Start of Block
// A busy station, and what is seen of it when it is finished.

use crate::asks::{Ask, Heard};
use crate::looks::{AtDesk, Look, Member};
use crate::steps::Step;
use crate::tickets::Answer;
use crate::wanted::{ONE_BOOKED, OPENED_1, OPENED_2, OPENED_3, OPENED_4, RX1_ON_1, RX1_ON_2};
use gateway_book::Totals;
use server_core::{DataRate, DeskHeard};

/// A station of two gateways and five devices: the numbers 1 and 2 were answered, one on each; 3, heard as 1 was, is closed
/// and not taken; 4 is open. Two payloads wait for the second device and one for the fifth, and both floors were raised.
pub(crate) static BUSY: [Step; 14] = [
    Step::Hear(Heard::Of(1, 0), OPENED_1),
    Step::Hear(Heard::By(2, 2, 0), OPENED_2),
    Step::Hear(Heard::Of(3, 0), OPENED_3),
    Step::Ask(Ask::Pass(200_001, Some(1))),
    Step::Ask(Ask::Pass(200_001, Some(2))),
    Step::Ask(Ask::Pass(200_001, Some(3))),
    Step::Answer(1, Answer::Freely((Some(RX1_ON_1), 0))),
    Step::Answer(2, Answer::Freely((Some(RX1_ON_2), 0))),
    Step::Hear(Heard::At(4, 1_000_000), OPENED_4),
    Step::Ask(Ask::Queue(2, &[1, 2], Ok(1))),
    Step::Ask(Ask::Queue(2, &[1, 2, 3], Ok(2))),
    Step::Ask(Ask::Queue(5, &[1], Ok(1))),
    Step::Ask(Ask::Tick(1, 3, Some(3))),
    Step::Ask(Ask::Tick(2, 5, Some(5))),
];

/// What is seen where nothing more was done. A device's answer is seen by its counter, the length of its frame, and its FCtrl.
pub(crate) static SEEN: [Look; 25] = [
    Look::Desk(AtDesk::Sent(1, Some((1, 6_000_000, 41_216)))),
    Look::Desk(AtDesk::Sent(2, Some((2, 6_000_000, 41_216)))),
    Look::Desk(AtDesk::Sent(3, None)),
    Look::Desk(AtDesk::Sent(4, None)),
    Look::Desk(AtDesk::Answered(1, Some(41_216))),
    Look::Desk(AtDesk::Answered(2, Some(41_216))),
    Look::Desk(AtDesk::Take(3, None)),
    Look::Desk(AtDesk::Hear(4, 1_000_100, Ok(DeskHeard::Joined { n: 4, copies: 2 }))),
    Look::Desk(AtDesk::Pass(2_000_000, Some(4))),
    Look::Desk(AtDesk::Pass(2_000_000, None)),
    Look::Desk(AtDesk::Pass(2_000_000, None)),
    Look::Desk(AtDesk::Probe(1, 0, (0, true, Ok((1, 22, 32))))),
    Look::Desk(AtDesk::Probe(2, 0, (2, true, Ok((1, 15, 48))))),
    Look::Desk(AtDesk::Probe(3, 0, (0, true, Ok((1, 22, 32))))),
    Look::Desk(AtDesk::Probe(4, 0, (0, true, Ok((0, 22, 32))))),
    Look::Desk(AtDesk::Probe(5, 0, (1, false, Ok((0, 14, 48))))),
    Look::Kept(
        0,
        0,
        Some(Member {
            number: 1,
            start: 6_000_000,
            freq_hz: 868_100_000,
            rate: DataRate::Dr5,
            len: 12,
        }),
    ),
    Look::Kept(0, 1, None),
    Look::Kept(0, 2, None),
    Look::Totals(
        0,
        Totals {
            floor: 3,
            ..ONE_BOOKED
        },
    ),
    Look::Kept(
        1,
        0,
        Some(Member {
            number: 2,
            start: 6_000_000,
            freq_hz: 868_100_000,
            rate: DataRate::Dr5,
            len: 12,
        }),
    ),
    Look::Kept(1, 1, None),
    Look::Kept(1, 2, None),
    Look::Totals(
        1,
        Totals {
            floor: 5,
            ..ONE_BOOKED
        },
    ),
    Look::Booked(82_432),
];
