//! Numbers of inputs: what is stored of one, when an analogue one counts as pressed, and which of two is larger (OpenXR 1.0
//! chapter 11, xrSyncActions). It knows rows and numbers, and no controller, binding or action.
#![tactic(auto)]

ghost use Rattle.std.specs.Prelude.{◌≡◌, ◌≤◌, ◌*◌, ◌^◌, unsigned_abs};
ghost use Rattle.xr_types.specs.declared.limits.TheConstants.{MOST_ROW};
ghost use Rattle.xr_types.specs.InputValues.{clamped, pressed_by, is_larger, is_longer};

use xr_types::{is_digital, is_value};

/// The least value from which an analogue input counts as pressed.
const PRESSED: i32 = 20_480;

/// The least value at which a pressed one still counts as pressed.
const HELD: i32 = 12_288;

/// What is stored of an input's value: a click or a touch is 1 where the value is at least 1, and else 0; a value isn't below 0; an
/// axis is as it is. Rows are 1 to 40.
pub fn clamp(row: u8, value: i32) -> i32
    requires first { 1 ≤ row }
    requires last { row ≤ MOST_ROW }
    ensures { result ≡ clamped row value }
{
    if is_digital(row) {
        return if value >= 1 { 1 } else { 0 };
    }
    if is_value(row) {
        return if value >= 0 { value } else { 0 };
    }
    value
}

/// Whether an analogue input counts as pressed: from 20480 upwards, not below 12288, and between these as before.
pub fn pressed(before: bool, value: i32) -> bool
    ensures { result ≡ pressed_by before value }
{
    if value >= PRESSED {
        return true;
    }
    if value < HELD { false } else { before }
}

/// Whether b is further from zero.
pub fn larger(a: i32, b: i32) -> bool
    ensures { result ≡ is_larger a b }
{
    a.unsigned_abs() < b.unsigned_abs()
}

/// The square of a number.
fn square(x: i32) -> u64
    ensures value { result ≡ unsigned_abs x * unsigned_abs x }
    ensures bound { result ≤ 2 ^ 62 }
{
    let size = u64::from(x.unsigned_abs());
    size * size
}

/// Whether b is longer, both being vectors: the squares of their lengths are compared, which fit for every number.
pub fn longer(a: (i32, i32), b: (i32, i32)) -> bool
    ensures { result ≡ is_longer a b }
{
    square(a.0) + square(a.1) < square(b.0) + square(b.1)
}
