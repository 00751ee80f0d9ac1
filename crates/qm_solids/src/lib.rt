//! What a solid is and does: the part of space behind all its planes, whether it is full, which points it holds, and
//! what several solids make of a point. This crate has one plain type, definitions
//! and laws, and no function.
#![tactic(auto)]

mod face;

pub use face::FaceRef;
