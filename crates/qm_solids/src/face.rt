/// A face: the number of its plane in a book, and whether the front of that plane is outside.
#[derive(Clone, Copy)]
pub struct FaceRef {
    pub plane: u32,
    pub out_is_front: bool,
}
End of Block
▸ **About this task**: Which lines above hold the word "else"? Copy each of them.

▸ **Result of the task**:
/// What is stored of an input's value: a click or a touch is 1 where the value is at least 1, and else 0; a value isn't below 0; an
        return if value >= 1 { 1 } else { 0 };
        return if value >= 0 { value } else { 0 };
    if value < HELD { false } else { before }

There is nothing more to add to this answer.